### WHAT IS BEING ASKED
Could you work out the number of lines in the listing that include the word "specs" and reply with that figure alone?

### MATERIAL FOR THIS EXERCISE
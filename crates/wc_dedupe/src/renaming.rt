//! The renaming of a list of imports, so that no two share a module and a name.

ghost use Rattle.std.specs.Prelude.{◌≡◌, false, IfOk, length, string_bytes};
ghost use Rattle.std.specs.Option.{option_map};
ghost use Rattle.wc_read.specs.Imports.{import_value, import_values};
ghost use Rattle.wc_dedupe.specs.Laws.{AreDistinct};
ghost use Rattle.wc_dedupe.specs.Private.Numbers.{LacksNumbered, PushesRename};
ghost use Rattle.wc_dedupe.specs.Private.RenameOrder.{LeadBack};
ghost use Rattle.wc_dedupe.specs.Private.NamePositions.{named, names_of, Ascend, HavePositions};
ghost use Rattle.wc_dedupe.specs.Renaming.{original_in, renamed_import, renamed_imports, IsRenaming};

use crate::name_keys::{are_different, known_names, sorted_keys};
use crate::name_positions::name_in;
use crate::numbers::{Known, give};
use crate::rename_list::RenameList;
use crate::rename_order::{find, rename_order};
use std::alloc::{AllocError, Global};
use std::marker::Model;
use wc_read::Import;

/// The original names of renamed imports.
#[derive(Drop)]
pub struct ModuleImportMap {
    renames: RenameList,
    order: Vec<(u64, usize)>,
}

impl Model for ModuleImportMap {
    ghost use Rattle.std.specs.Prelude.{List};
    ghost use Rattle.wc_dedupe.specs.Renaming.{RenameView};

    ghost Value = { List RenameView };

    ghost use Rattle.wc_dedupe.specs.Private.RenameOrder.{IsNameOrder, LeadBack};

    ghost view = { λ a. a.renames };

    ghost invariant = { λ a. IsNameOrder a.renames a.order.items × LeadBack a.renames };
}

impl ModuleImportMap {
    /// The original name of an import of the renamed module, by its module and its name; its type is ignored. `None`
    /// if no import was renamed to that name. It does not allocate.
    pub fn original_name(&self, import: &Import<'_>) -> Option<&str>
        ensures { option_map (λ s. s.now) result
            ≡ original_in self.now import.now.module.now import.now.name.now }
    {
        match find(&self.renames, &self.order, import.module, import.name) {
            Some(index) => match self.renames.get(index) {
                Some(rename) => Some(rename.original),
                None => None,
            },
            None => None,
        }
    }

    /// The renamed imports, in the order of the module's imports.
    pub fn renames(&self) -> &RenameList
        ensures { result.now ≡ self.now }
    {
        &self.renames
    }
}

/// The renaming of a list of imports: the renames, and for each import the index of its rename, or `None` if it keeps
/// its name.
#[derive(Drop)]
pub(crate) struct Renaming {
    pub(crate) map: ModuleImportMap,
    pub(crate) indices: Vec<Option<usize>>,
}

/// Renames imports of these names, so that no two share a module and a name.
pub(crate) fn rename_all(alloc: Global, names: &[(&str, &str)]) -> Result<Renaming, AllocError>
    ensures { IfOk result (λ r. IsRenaming (names_of names.now) r.indices.items r.map) }
{
    let keys = sorted_keys(alloc, names)?;
    if are_different(&keys) {
        return unrenamed(alloc, names);
    }
    let known = known_names(alloc, names, &keys)?;
    let all = Known::new(&known.names);
    let (renames, indices) = rename_each(alloc, names, all, &known.positions)?;
    let order = rename_order(alloc, &renames)?;
    Ok(Renaming {
        map: ModuleImportMap { renames, order },
        indices,
    })
}

/// The renaming of imports whose names are different: each keeps its name.
fn unrenamed(alloc: Global, names: &[(&str, &str)]) -> Result<Renaming, AllocError>
    requires { AreDistinct (names_of names.now) }
    ensures { IfOk result (λ r. IsRenaming (names_of names.now) r.indices.items r.map) }
{
    let indices = vec![in alloc; None; names.len()]?;
    Ok(Renaming {
        map: ModuleImportMap {
            renames: RenameList::new(alloc),
            order: Vec::new(alloc),
        },
        indices,
    })
}

/// The renames of imports with these names, which have these positions among the known names, and for each import the
/// index of its rename.
fn rename_each(
    alloc: Global,
    names: &[(&str, &str)],
    known: Known<'_, '_>,
    positions: &[usize],
) -> Result<(RenameList, Vec<Option<usize>>), AllocError>
    requires ascend { Ascend known.names.now }
    requires lacks { known.some_numbered ≡ false → LacksNumbered (names_of known.names.now) }
    requires positions { HavePositions (names_of names.now) (names_of known.names.now)
        positions.now }
    ensures { IfOk result (λ r. IsRenaming (names_of names.now) r.1.items r.0
        × LeadBack r.0) }
{
    let mut numbers = vec![in alloc; 0; known.names.len()]?;
    let mut renames = RenameList::new(alloc);
    let mut indices = Vec::with_capacity(alloc, names.len())?;
    for (i, position) in positions.iter().enumerate() {
        let name = give(alloc, known, &mut numbers, *position, i)?;
        let original = name_in(known.names, *position);
        let index = push_rename(&mut renames, original, name)?;
        indices.push(index)?;
    }
    Ok((renames, indices))
}

/// Appends the rename of an import to its new name, if it has one, and returns the index of that rename.
fn push_rename(
    renames: &mut RenameList,
    original: (&str, &str),
    name: Option<String>,
) -> Result<Option<usize>, AllocError>
    ensures { IfOk result (λ index. PushesRename renames.old renames.new (named original.entry)
        (option_map string_bytes name) index) }
{
    let Some(name) = name else {
        return Ok(None);
    };
    let index = renames.len();
    renames.push(original.0, original.1, name.as_str())?;
    Ok(Some(index))
}

/// The imports under their new names, by the indices of their renames.
pub(crate) fn renamed_imports<'a>(
    alloc: Global,
    imports: &[Import<'a>],
    indices: &[Option<usize>],
    renames: &'a RenameList,
) -> Result<Vec<Import<'a>>, AllocError>
    requires { length indices.now ≡ length imports.now }
    ensures { IfOk result (λ is. import_values is.items
        ≡ renamed_imports renames.now (import_values imports.now) indices.now) }
{
    let mut renamed = Vec::new(alloc);
    for (i, import) in imports.iter().enumerate() {
        renamed.push(renamed_import(import, indices[i], renames))?;
    }
    Ok(renamed)
}

/// The import under its new name, by the index of its rename.
fn renamed_import<'a>(
    import: &Import<'a>,
    index: Option<usize>,
    renames: &'a RenameList,
) -> Import<'a>
    ensures { import_value result
        ≡ renamed_import renames.now (import_value import.now) index }
{
    let name = match index.and_then(|k| renames.get(k)) {
        Some(rename) => rename.name,
        None => import.name,
    };
    Import {
        module: import.module,
        name,
        ty: import.ty,
    }
}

### TASK OUTPUT
11